En 1909 il est nommé administrateur adjoint des colonies en Afrique équatoriale française (AEF), selon son souhait, à Brazzaville. Il rejoint de là l’Oubangui-Chari (dorénavant la République centrafricaine), où il passera une vingtaine d'années, gravissant progressivement les échelons administratifs. Passionné par les cultures, les langues et les traditions de la région, Félix Éboué écrit plusieurs ouvrages d’ethnologie et de linguistique sur les populations du territoire. Il participe d’ailleurs au Congrès international d'ethnographie de Paris à l'occasion de l'Exposition coloniale de 1931. Entre-temps il se marie en Guyane en 1922 avec Eugénie Tell, résistante et première femme guyanaise élue sénatrice puis députée. 

Eugénie Eboué et Félix Eboué © Collection particulière

Un an plus tard, Félix Éboué devient secrétaire général auprès du gouverneur de la Martinique, dont il assure l’intérim à deux reprises. Il travaille notamment à redresser l’économie de l’île. En 1934, il est muté au Soudan français (actuel Mali) à la même fonction avant d’être nommé quelques mois plus tard gouverneur intérimaire. En octobre 1936, retour aux Antilles où il occupe un poste similaire en Guadeloupe. Félix Éboué y met en place les réformes du Front populaire destinées à assainir les finances publiques de l’archipel.
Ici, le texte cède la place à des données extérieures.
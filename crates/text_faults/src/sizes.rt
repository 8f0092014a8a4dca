// How many lines of each kind a circuit text should have: by its header and, for the literals of the justice properties, by the lines that
// count them.
ghost use Rattle.std.specs.Prelude.{◌≡◌, ◌+◌, ◌≤◌, length};
ghost use Rattle.circuit_text.specs.Header.{Parts, header_at};
ghost use Rattle.lines.specs.Numbers.{huge, capped};
ghost use Rattle.text_faults.specs.Sizes.{first_sum, counts_at, sizes_of};

use crate::places::{after_line, skip};
use circuit_text::header::Header;
use lines::number::{Number, number_at};

// The lines after the header, kind by kind in their order; numbers that no word holds count as one that it does.
#[derive(Clone, Copy)]
pub struct Sizes {
    pub inputs: usize,
    pub latches: usize,
    pub outputs: usize,
    pub bads: usize,
    pub constraints: usize,
    pub counts: usize,
    pub justice: usize,
    pub fairness: usize,
    pub gates: usize,
}

// A sum, as far as it is told apart.
#[tactic(auto, using(crate::specs::Sizes::capped_cases))]
fn added(a: usize, b: usize) -> usize
    requires { a ≤ huge }
    ensures { (result ≡ capped (a + b)) × (result ≤ huge) }
{
    a.saturating_add(b).min(Number::HUGE)
}

// The numbers that so many lines start with, all together.
fn first_sum(text: &[u8], at: usize, count: usize) -> usize
    requires { at ≤ length text.now }
    ensures { result ≡ capped (first_sum count text.now at) }
{
    let mut p = at;
    let mut sum: usize = 0;
    for done in 0..count {
        if text.len() <= p {
            return sum;
        }
        sum = added(sum, number_at(text, p).value);
        p = after_line(text, p);
    }
    sum
}

// Where the counts of the justice properties start.
#[tactic(auto, using(lines::specs::Numbers::value_is), unfolding(crate::specs::Sizes::counts_at, circuit_text::specs::Header::header_at))]
fn counts_at(text: &[u8], h: &Header) -> usize
    requires { Parts text.now h.now }
    ensures { (result ≡ counts_at text.now (header_at h.now) h.now.next) × (result ≤ length text.now) }
{
    let outputs = skip(text, skip(text, h.next, h.i.value), h.l.value);
    let constraints = skip(text, skip(text, outputs, h.o.value), h.b.value);
    skip(text, constraints, h.c.value)
}

// By the header and the counts.
#[tactic(auto, using(lines::specs::Numbers::value_is), unfolding(crate::specs::Sizes::sizes_of, circuit_text::specs::Header::header_at))]
pub fn sizes_of(text: &[u8], h: &Header) -> Sizes
    requires { Parts text.now h.now }
    ensures { result ≡ sizes_of text.now (header_at h.now) h.now.next }
{
    Sizes {
        inputs: h.i.value,
        latches: h.l.value,
        outputs: h.o.value,
        bads: h.b.value,
        constraints: h.c.value,
        counts: h.j.value,
        justice: first_sum(text, counts_at(text, h), h.j.value),
        fairness: h.f.value,
        gates: h.a.value,
    }
}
À lire : Tribune. Félix Eboué le grand oublié de la France victorieuse, par Patrick Lingibé

Après un passage à Paris, il est nommé gouverneur du Tchad en janvier 1939. Son ordre de mission est, entre autres, d’améliorer les infrastructures économique et militaire de cette partie de l’AEF pour protéger la voie stratégique vers le Congo. Suite à la défaite de la France en juin 1940, Félix Éboué prend contact avec le général de Gaulle peu après son appel du 18 juin, et rallie officiellement le Tchad à la France libre avec les autres territoires de l’AEF (Congo, Centrafrique et Cameroun). En octobre, Charles de Gaulle rencontre le gouverneur au Tchad et le nomme membre du Conseil de défense, gouverneur général de l'AEF puis membre du Conseil de l'Ordre de la Libération. 
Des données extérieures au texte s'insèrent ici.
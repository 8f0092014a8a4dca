// Which limit two texts are over, with the number that was met.
ghost use Rattle.std.specs.Prelude.{◌≡◌, ◌<◌, ◌≤◌, length};
ghost use Rattle.meaning.specs.Lines.{line_at};
ghost use Rattle.circuit_text.specs.Header.{header_at};
ghost use Rattle.text_faults.specs.Places.{count_of};
ghost use Rattle.text_faults.specs.Limits.{long_lemma, lemmas_limit, bads_limit, property_limit, width_limit, header_limit, limit_of};

use crate::places::{after_line, count_byte, line_number};
use circuit_text::header::{Header, read_header};
use symbols::line::line_end;

// The limit, and what was met.
#[derive(Clone, Copy)]
pub enum Limit {
    LongCircuit, // the circuit has more than 65,536 bytes
    LongLemmas, // the lemmas have
    NoLatch, // no latch
    Latches(usize), // more than 96
    Width(usize, usize), // inputs and gates: more than 320 together
    NoBad, // no bad literal and no output
    Outputs(usize), // more than one, and no bad literal
    Bads(usize), // bad literals: more than one, and no output
    Both(usize, usize), // outputs and bad literals: some of each
    Lemmas(usize), // more than 128
    LongLemma(usize, usize), // the lemma of this line has so many literals: more than 64
    Clauses, // none of these: more than 4,096 clauses
}

// How many spaces a line has: as many as literals, where it is a lemma.
#[tactic(auto, using(crate::specs::LimitLaws::line_part))]
fn spaces(text: &[u8], at: usize) -> usize
    requires { at ≤ length text.now }
    ensures { result ≡ count_of 32 (line_at text.now at) }
{
    let end = line_end(text, at);
    count_byte(&text[at..end], b' ')
}

// The first lemma of more than 64 literals; where there is none, the clauses are what is left.
fn long_lemma(text: &[u8]) -> Limit
    ensures { result ≡ long_lemma (length text.now) text.now 0 }
{
    let mut p: usize = 0;
    // No `for`: the place goes from line to line, and nothing is counted by hand.
    while p < text.len() {
        let met = spaces(text, p);
        if 64 < met {
            return Limit::LongLemma(line_number(text, p), met);
        }
        p = after_line(text, p);
    }
    Limit::Clauses
}

// How many lemmas there are, and their lengths.
#[tactic(auto, unfolding(crate::specs::Limits::lemmas_limit))]
fn lemmas_limit(lemmas: &[u8]) -> Limit
    ensures { result ≡ lemmas_limit lemmas.now }
{
    let met = count_byte(lemmas, b'\n');
    if 128 < met {
        return Limit::Lemmas(met);
    }
    long_lemma(lemmas)
}

// No output, and so many bad literals; then the lemmas.
#[tactic(auto, unfolding(crate::specs::Limits::bads_limit))]
fn bads_limit(bads: usize, lemmas: &[u8]) -> Limit
    ensures { result ≡ bads_limit bads lemmas.now }
{
    match bads {
        0 => Limit::NoBad,
        1 => lemmas_limit(lemmas),
        _ => Limit::Bads(bads),
    }
}

// Outputs and bad literals, then the lemmas.
#[tactic(auto, unfolding(crate::specs::Limits::property_limit))]
fn property_limit(outputs: usize, bads: usize, lemmas: &[u8]) -> Limit
    ensures { result ≡ property_limit outputs bads lemmas.now }
{
    if outputs == 0 {
        return bads_limit(bads, lemmas);
    }
    if bads != 0 {
        return Limit::Both(outputs, bads);
    }
    if outputs != 1 {
        return Limit::Outputs(outputs);
    }
    lemmas_limit(lemmas)
}

// Inputs and gates, then outputs and bad literals, then the lemmas.
#[tactic(auto, using(crate::specs::LimitLaws::is_wide, crate::specs::LimitLaws::is_narrow, lines::specs::Numbers::value_is), unfolding(circuit_text::specs::Header::header_at))]
fn width_limit(h: &Header, lemmas: &[u8]) -> Limit
    ensures { result ≡ width_limit (header_at h.now) lemmas.now }
{
    if 320 < h.i.value || 320 - h.i.value < h.a.value {
        return Limit::Width(h.i.value, h.a.value);
    }
    property_limit(h.o.value, h.b.value, lemmas)
}

// The latches, then the rest.
#[tactic(auto, using(crate::specs::LimitLaws::no_latch, crate::specs::LimitLaws::many_latches, crate::specs::LimitLaws::few_latches, lines::specs::Numbers::value_is), unfolding(circuit_text::specs::Header::header_at))]
fn header_limit(h: &Header, lemmas: &[u8]) -> Limit
    ensures { result ≡ header_limit (header_at h.now) lemmas.now }
{
    if h.l.value == 0 {
        return Limit::NoLatch;
    }
    if 96 < h.l.value {
        return Limit::Latches(h.l.value);
    }
    width_limit(h, lemmas)
}

// The first limit that the texts are over, in the order of the list; the clauses, which are not counted here, where no other is; none, where
// there is no header.
#[tactic(auto, unfolding(crate::specs::Limits::limit_of))]
pub fn limit_of(text: &[u8], lemmas: &[u8]) -> Option<Limit>
    ensures { result ≡ limit_of text.now lemmas.now }
{
    if 65536 < text.len() {
        return Some(Limit::LongCircuit);
    }
    if 65536 < lemmas.len() {
        return Some(Limit::LongLemmas);
    }
    let h = read_header(text)?;
    Some(header_limit(&h, lemmas))
}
À lire aussi : « Eugénie Eboué - Portraits d’une combattante » de Guillaume Villemot ou le récit inspirant d’une figure historique guyanaise, dont la mémoire a été occultée

 Au mois de novembre, basé à Brazzaville (Congo), Félix Éboué organise la résistance. Avec le soutien des notables et chefs coutumiers, résultat d’un long travail d’échanges marqué d’une confiance réciproque, il parvient à lever une armée d’environ 40.000 hommes. L’AEF devient ainsi une base stratégique pour les alliés en même temps qu’une zone de recrutement des forces coloniales engagées dans la Deuxième guerre mondiale. Le gouverneur plaide aussi pour l'insertion de la bourgeoisie autochtone dans la gestion locale, l’organisation des communes africaines et la création d’un office du travail.
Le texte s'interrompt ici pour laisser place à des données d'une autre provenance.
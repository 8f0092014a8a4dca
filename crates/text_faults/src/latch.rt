// Why a latch line is refused: two numbers and, in edition 1.9, perhaps a third, its start value.
ghost use Rattle.std.specs.Prelude.{◌≡◌, true, ◌<◌, length};
ghost use Rattle.meaning.specs.CircuitText.{start_right, latch_form, numbers_at};
ghost use Rattle.lines.specs.Numbers.{worth};
ghost use Rattle.text_faults.specs.Definers.{Inside};
ghost use Rattle.text_faults.specs.Causes.{Row};
ghost use Rattle.text_faults.specs.Latches.{start_cause, third_cause, latch_numbers, latch_cause};

use crate::cause::{Cause, literals_cause, numbered};
use crate::definers::Places;
use lines::compare::is_sum;
use lines::number::Number;
use sections::nth::nth;

// Whether the third number of a line is 0, 1 or its first.
#[tactic(auto, using(crate::specs::Latches::starts_constant, crate::specs::Latches::starts_own))]
fn starts_right(text: &[u8], at: usize) -> bool
    requires { Row text.now at 3 }
    ensures { result ≡ start_right (latch_form true) (numbers_at text.now at) }
{
    let start = nth(text, at, 2);
    if start.value < 2 {
        return true;
    }
    is_sum(&start, 0, &nth(text, at, 0))
}

// By how many numbers it has.
#[tactic(auto, using(crate::specs::CauseLaws::row_of, crate::specs::CauseLaws::row_part), unfolding(crate::specs::Latches::latch_cause, crate::specs::Latches::third_cause, crate::specs::Latches::start_cause, crate::specs::Latches::latch_numbers))]
pub fn latch_cause(text: &[u8], at: usize, newer: bool, m: &Number, p: Places) -> Cause
    requires at_in_bounds { at < length text.now }
    requires inside { Inside text.now p }
    ensures { result ≡ latch_cause text.now at newer (worth m.now) p }
{
    if numbered(text, at, 2) {
        return literals_cause(text, at, 2, true, m, p);
    }
    if !numbered(text, at, 3) {
        return if newer {
            Cause::LatchNumbers
        } else {
            Cause::Numbers(2)
        };
    }
    if !newer {
        return Cause::Reset;
    }
    if !starts_right(text, at) {
        return Cause::Start;
    }
    literals_cause(text, at, 2, true, m, p)
}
Le gouverneur Félix Éboué reçoit le général de Gaulle au Tchad en octobre 1940 ©United States Library of Congress/Wikimedia Commons

En février 1944, il participe activement à la Conférence de Brazzaville organisée par le Comité français de la Libération nationale, qui a pour objectif de réfléchir à une nouvelle architecture des possessions françaises. Félix Éboué y avance des idées plutôt conservatrices, notamment sur le maintien de l’indigénat (travail forcé des « indigènes »). À l’issue des travaux, très fatigué, le gouverneur se rend en Égypte avec son épouse et sa fille. Mais le 17 mai, il décède d’une congestion pulmonaire à l’hôpital français du Caire. Cinq ans plus tard, le 20 mai 1949, il est inhumé au Panthéon en même temps que Victor Schœlcher. Un symbole puissant pour cet ardent défenseur de la République.